Nota Bene: Merger structures are beyond the scope of this site. However, non-assignment clauses should not be confused with change-of-control provisions that require the consent of the other party in connection with a material change in the control, structure, and/or ownership of that party (see the section entitled “Change of Control”). For example, when a change of control is accomplished via a “reverse triangular merger” structure, whereby the target company retains its assets as well as it contractual rights and obligations, contracts of the target that contain non-assignment clauses do not need the non-changing party’s consent to be transferred because the target company is the nominal survivor in the merger and retains its assets and contractual rights and obligations post merger, and therefore no assignment is required or made.

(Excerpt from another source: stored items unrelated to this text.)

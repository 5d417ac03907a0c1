// Characters of UTF-8 texts. A caret is placed below a character, not below a byte.
use span_text::pieces::word_len;
use tell_mend::cut;

// Whether the byte continues a character.
fn goes_on(b: u8) -> bool {
    b & 0xc0 == 0x80
}

/// The number of characters.
pub fn char_count(text: &[u8]) -> usize {
    let mut count: usize = 0;
    for b in text {
        if !goes_on(*b) {
            count = count.saturating_add(1);
        }
    }
    count
}

/// Where the character after the first `count` begins, or the text's end if it has no more.
pub fn char_place(text: &[u8], count: usize) -> usize {
    let mut before: usize = 0;
    for (place, b) in text.iter().enumerate() {
        if !goes_on(*b) {
            if before == count {
                return place;
            }
            before = before.saturating_add(1);
        }
    }
    text.len()
}

// The number of bytes of the first character.
fn char_len(text: &[u8]) -> usize {
    for (place, b) in text.iter().enumerate() {
        if place > 0 && !goes_on(*b) {
            return place;
        }
    }
    text.len()
}

/// The word or the character at the start of the text.
pub fn first_piece(text: &[u8]) -> &[u8] {
    let len = word_len(text).max(char_len(text));
    cut(text, len).0
}
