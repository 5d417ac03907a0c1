// Where in its line a refusal shows: the byte that the caret is below.
ghost use Rattle.std.specs.Prelude.{◌≤◌, length};

use span_text::first_word;
use span_text::pieces::{skip, word_len};
use tell_mend::{Word, before_sign, cut, find_word, word_of, word_start};

// The text after its first word.
fn behind_word(text: &[u8]) -> &[u8] {
    match first_word(text) {
        Some((_, rest)) => rest,
        None => text,
    }
}

// The text from a format's first sign on, without a group, an alignment and a direction.
fn format_of(text: &[u8]) -> &[u8] {
    match cut(text, before_sign(text, b":[|")).1 {
        b"" => text,
        format => format,
    }
}

/// Where the text after the command's own words begins, or after the group's name if there is one.
pub fn own_place(line: &[u8]) -> usize
    ensures within { result ≤ length line.now }
{
    let own = match word_of(line) {
        (Word::Vfl, rest) => format_of(rest),
        (Word::Constrain, rest) => behind_word(rest),
        _ => behind_word(line),
    };
    line.len().saturating_sub(own.len())
}

// Where the first word begins; 0 in a blank line.
fn first_place(line: &[u8]) -> usize
    ensures within { result ≤ length line.now }
{
    let words = skip(line);
    if words.is_empty() {
        0
    } else {
        line.len().saturating_sub(words.len())
    }
}

// Where the name is after the command's own words. If it isn't there, where the view is that it begins with,
// or else the first word.
fn place_of(line: &[u8], name: &[u8]) -> usize
    ensures within { result ≤ length line.now }
{
    let from = own_place(line);
    let view = cut(name, before_sign(name, b".")).0;
    find_word(line, from, b"", name)
        .or(find_word(line, from, b"", view))
        .unwrap_or(first_place(line))
}

/// Where the unknown name is: in a tree after `in`, in a line `view` at its end.
pub fn unknown_place(line: &[u8], name: &[u8]) -> usize
    ensures within { result ≤ length line.now }
{
    match word_of(line).0 {
        Word::Tree => find_word(line, 0, b"in", name).unwrap_or(first_place(line)),
        Word::View => word_start(line.trim_ascii_end()),
        _ => place_of(line, name),
    }
}

/// Where the name is that is taken: in a tree the first object of that name, or the second if the tree itself
/// has the name twice.
pub fn taken_place(line: &[u8], name: &[u8], is_twice: bool) -> usize
    ensures within { result ≤ length line.now }
{
    if !matches!(word_of(line).0, Word::Tree) {
        return place_of(line, name);
    }
    let first = find_word(line, 0, b"name", name).unwrap_or(first_place(line));
    if is_twice {
        find_word(line, first.saturating_add(1), b"name", name).unwrap_or(first_place(line))
    } else {
        first
    }
}

/// Where the text after the first word begins.
pub(crate) fn argument_place(line: &[u8]) -> usize
    ensures within { result ≤ length line.now }
{
    line.len()
        .saturating_sub(behind_word(line).trim_ascii_start().len())
}

// Where the attribute is by which a format aligns its views.
fn align_place(line: &[u8]) -> usize
    ensures within { result ≤ length line.now }
{
    let rest = behind_word(behind_word(behind_word(line)));
    line.len().saturating_sub(rest.trim_ascii_start().len())
}

// Whether the first view after a bar is the window.
fn begins_with_window(text: &[u8]) -> bool {
    let view = cut(text, before_sign(text, b"[").saturating_add(1)).1;
    view.trim_ascii_start().starts_with(b"window")
}

// Where the bar beside the window is: the first bar or the last.
fn bar_place(line: &[u8]) -> usize
    ensures within { result ≤ length line.now }
{
    let first = before_sign(line, b"|");
    if begins_with_window(cut(line, first).1) {
        return first;
    }
    line.iter().rposition(|b| *b == b'|').unwrap_or(first)
}

/// Where a word of more than `most` bytes begins, or else the first word.
pub fn long_place(line: &[u8], most: usize) -> usize
    ensures within { result ≤ length line.now }
{
    for place in 0..line.len() {
        if word_len(cut(line, place).1) > most {
            return place;
        }
    }
    first_place(line)
}

/// Where the text is right after a `"`, at `start` or to the right of it; `start` if it isn't there.
pub(crate) fn quoted_place(line: &[u8], start: usize, text: &[u8]) -> usize {
    for at in start..line.len() {
        let (front, rest) = cut(line, at);
        if front.ends_with(b"\"") && rest.starts_with(text) && !text.is_empty() {
            return at;
        }
    }
    start
}

/// Where a cause shows, by the words that name it in the reply and by its mark; or the first word.
pub fn cause_place(line: &[u8], words: &str, mark: &str) -> usize
    ensures within { result ≤ length line.now }
{
    match words {
        "kind align" => align_place(line),
        "kind parent" => bar_place(line),
        "limit budget" => argument_place(line),
        _ if mark.is_empty() => first_place(line),
        _ => find_word(line, 0, b"", mark.as_bytes()).unwrap_or(first_place(line)),
    }
}

/// The cure of an alignment that runs along its format.
pub fn align_cure(line: &[u8]) -> &'static str {
    if find_word(line, 0, b"", b"V:").is_some() {
        "behind V: that is `left`, `right` or `centerX`; the others are for H:"
    } else {
        "behind H: that is `top`, `bottom` or `centerY`; the others are for V:"
    }
}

Assignment of Accounts Receivables

In the following exemplars, a party possesses the right to assign any benefit arising from a contract, namely the right to receive payment, to any third party upon notice to the non-assigning party (with and without the non-assigning party’s consent):

Exemplar C8-11

Both Parties may assign their respective right to receive money due hereunder, but any assignment of money will be void if (i) the assignor fails to give the non-assigning Party at least thirty (30) days prior written notice, or (ii) the assignment purports to impose upon the non-assigning Party additional costs or obligations in addition to the payment of such money, or (iii) the assignment purports to preclude Contractor from dealing solely and directly with Supplier in all matters pertaining to this Agreement.

Exemplar C8-12

Notwithstanding anything to the contrary in this Agreement the Supplier shall without limitation be permitted to assign or otherwise transfer any of its accounts receivable resulting from the sale of Products and Services to Customer pursuant to this Agreement.

Exemplar C8-13

Vendor may not assign or transfer any of its rights (except rights to payments) or obligations under this Agreement or any SOW without the prior written consent of Customer. Customer may assign this Agreement or any SOW to any Customer Affiliate without any prior notice to or consent of Vendor.

Exemplar C8-14

CUSTOMER shall consider void any assignment to which it has not consented, except where SUPPLIER assigns its rights to receive monies pursuant to this Agreement. In such case, SUPPLIER only needs to notify CUSTOMER in writing. However, SUPPLIER cannot assign monies due if SUPPLIER tries to transfer to the assignee any of SUPPLIER’s other rights or obligations hereunder.

Exemplar C8-15

Seller may not, without Buyer’s prior written consent (on the face of an Order or in a signed writing by an authorized representative of Buyer), (i) assign or delegate (including without limitation by subcontract) its obligations under the Order, or (ii) enter or offer to enter into a transaction that includes a sale of a substantial portion of its assets used for the production of the Supplies for Buyer or a merger, sale or exchange of stock or other equity interests that would result in a change of control of Seller. In the event of any approved assignment (including without limitation subcontract), sale or delegation authorized by Buyer, Seller retains all responsibility for Supplies, including all related warranties and claims, unless otherwise expressly agreed in writing by Buyer. Notwithstanding the foregoing, with Buyer’s prior written consent, Seller may make an assignment of receivables due or to become due to a single financial institution; provided, however, that any such assignment shall be subject to set-off or other proper method of enforcing any claims that Buyer may have under the Order.

Exemplar C8-16

The written consent of the opposing party to the contract is also to be obtained for the pledging of receivables from the contractual relationship.

Exemplar C8-17

If Vendor assigns payments to an assignee/factor, Vendor understands and agrees that Vendor and the assignee/factor will be required to sign Dealer’s standard terms and conditions agreement to assure Dealer that the assignee/factor understands the rights and obligations being assigned, including the right of Dealer to make offsets.